4 Responses to “A Standardized Sales Plan?”
  1. dustin says:

    I agree with you on this matter, but one thing I was thinking about is; what about a new college graduate starting sales and knows nothing about it. Where does he learn his new skills if being “thrown out with the wolves”. Meaning absolutely no training period. Thoughts?

  2. Howdy Frank.

    A very insightful article I must say. Good job !

    I agree with most of the points in your article. But I beg to differ that role playing does not help in sales training.

    It helps for the matter that you envision in your brain of what is going to happen and this eliminates fear.

    It helps you get more prepared for that appointment.
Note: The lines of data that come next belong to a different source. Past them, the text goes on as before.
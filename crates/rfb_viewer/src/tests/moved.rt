//! The copies within a picture of 8 by 6 places.

use super::play::{Step, Told, are_right, plays_at_bgr233};
use super::*;
use crate::{Move, ViewerFault};
use rfb_picture::Rect;

// An update of one CopyRect, RFC 6143 section 7.7.2: 3 by 2 places from (2, 1) on get what those
// from (4, 3) on have. The same without the last byte of the source.
const COPY: &[u8] = b"\0\0\0\x01\0\x02\0\x01\0\x03\0\x02\0\0\0\x01\0\x04\0\x03";

const COPY_FRONT: &[u8] = b"\0\0\0\x01\0\x02\0\x01\0\x03\0\x02\0\0\0\x01\0\x04\0";

const TOLD: Move = Move {
    to: Rect {
        x: 2,
        y: 1,
        w: 3,
        h: 2,
    },
    sx: 4,
    sy: 3,
};

// An update of two rectangles: a place of Raw, and the place at (1, 0) from (7, 5).
const RAW_AND_COPY: &[u8] = b"\0\0\0\x02\
    \0\0\0\0\0\x01\0\x01\0\0\0\0\x10\
    \0\x01\0\0\0\x01\0\x01\0\0\0\x01\0\x07\0\x05";

const ONE_PLACE: Move = Move {
    to: Rect {
        x: 1,
        y: 0,
        w: 1,
        h: 1,
    },
    sx: 7,
    sy: 5,
};

const COPIES: &[Step<'static>] = &[
    Step::Moved(&[]),
    Step::Feed(COPY_FRONT, 19, Told::Nothing),
    Step::Moved(&[]),
    Step::Feed(b"\x03", 1, Told::UpdateDone),
    Step::Feed(RAW_AND_COPY, 33, Told::UpdateDone),
    Step::Moved(&[TOLD, ONE_PLACE]),
    Step::Moved(&[]),
];

#[test]
fn copies_are_told_once_in_their_order(rt: HostRuntime) {
    assert!(rt; plays_at_bgr233(rt.alloc(), HELLO_8_BY_6, COPIES));
}

// A source that leaves the screen by a column.
const OUTSIDE: &[u8] = b"\0\0\0\x01\0\x02\0\x01\0\x03\0\x02\0\0\0\x01\0\x06\0\x03";

const AT_FAULT: &[Step<'static>] = &[
    Step::Feed(COPY, 20, Told::UpdateDone),
    Step::Fail(OUTSIDE, ViewerFault::SourceOutside),
    Step::Moved(&[TOLD]),
    Step::Moved(&[]),
];

#[test]
fn a_copy_at_fault_is_not_told(rt: HostRuntime) {
    assert!(rt; plays_at_bgr233(rt.alloc(), HELLO_8_BY_6, AT_FAULT));
}

// Whether the first of seventeen copies is dropped, and none else.
fn keeps_sixteen(alloc: Global) -> bool {
    let mut viewer = ready(alloc, Format::bgr233(), HELLO_8_BY_6);
    let mut good = are_right(
        &mut viewer,
        &[Step::Feed(RAW_AND_COPY, 33, Told::UpdateDone)],
    );
    for _ in 0..16 {
        good &= are_right(&mut viewer, &[Step::Feed(COPY, 20, Told::UpdateDone)]);
    }
    good && are_right(&mut viewer, &[Step::Moved(&[TOLD; 16])])
}

#[test]
fn the_oldest_of_seventeen_copies_is_dropped(rt: HostRuntime) {
    assert!(rt; keeps_sixteen(rt.alloc()));
}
    Sure, the reality that any appointment would be the same as the role playing situation is of low probability, however everyone has to prepare. And until there is some Virtual Reality Machine that generates realistic human responses, then role playing would still be of importance.

    Selling is a system and not a event. No one can be prepared for everything that a prospect would throw. However one can be prepared for at least some of it. That’s where role playing helps to foresee possibilities.

    Role playing is not real but they reflect some percentages of the reality, the rest is up to the individual to absorb and apply what they learn to their own success

    Take good care
    Gerrard

    Gerrard!~ Lims last blog post..I refuse to be part of uncertainty

  3. gordana says:

    Hi Frank,
    Thank you for the great article. Agree with you 100%. I find nothing more distracting than having to prepare for these kinds of training meetings. Speaking and role playing in front of your peers can be very intimidating andtaxing on one’s frame of mind, and while one could be using that energy to be out selling and doing what one does best (with proven results), experinced sales people have to waste time to prepare for something that does not necessarily relate to them. By this I mean putting all sales people together into a training session regardless whether they have been there 20 years or just started .
    So thank you for re affirming what i already felt for a long time, but it is good to hear it from a guru like yourself.
    warm regards
    Gordana

  4. D says:

    Frank – I generally agree with your comments and opinions about selling that you have posted at various sites. – you do know what you are talking about (in my opinion).
    However, I can’t help wonder if what you are putting out is not a self serving aim at recruitng clients for your program. It is clear that you know what buttons you need to push to elicit that emotional response from the majority of sales people – those who are not successfull or struggling and find everything wrong with their sales managers and company direction. Comments such as those in the above article simply strenghten their view that everyone is wrong, except themselves.
    You are raising the people against the tryanical “goverenment” and want them to join you in rebellion.
    Sales is a systematic process and requires a game plan. Everyone needs a plan of some sorts that they can resort to when a potential client derails them. There is science to a sales call and there must be some structure, at least in their back pocket, to guide them.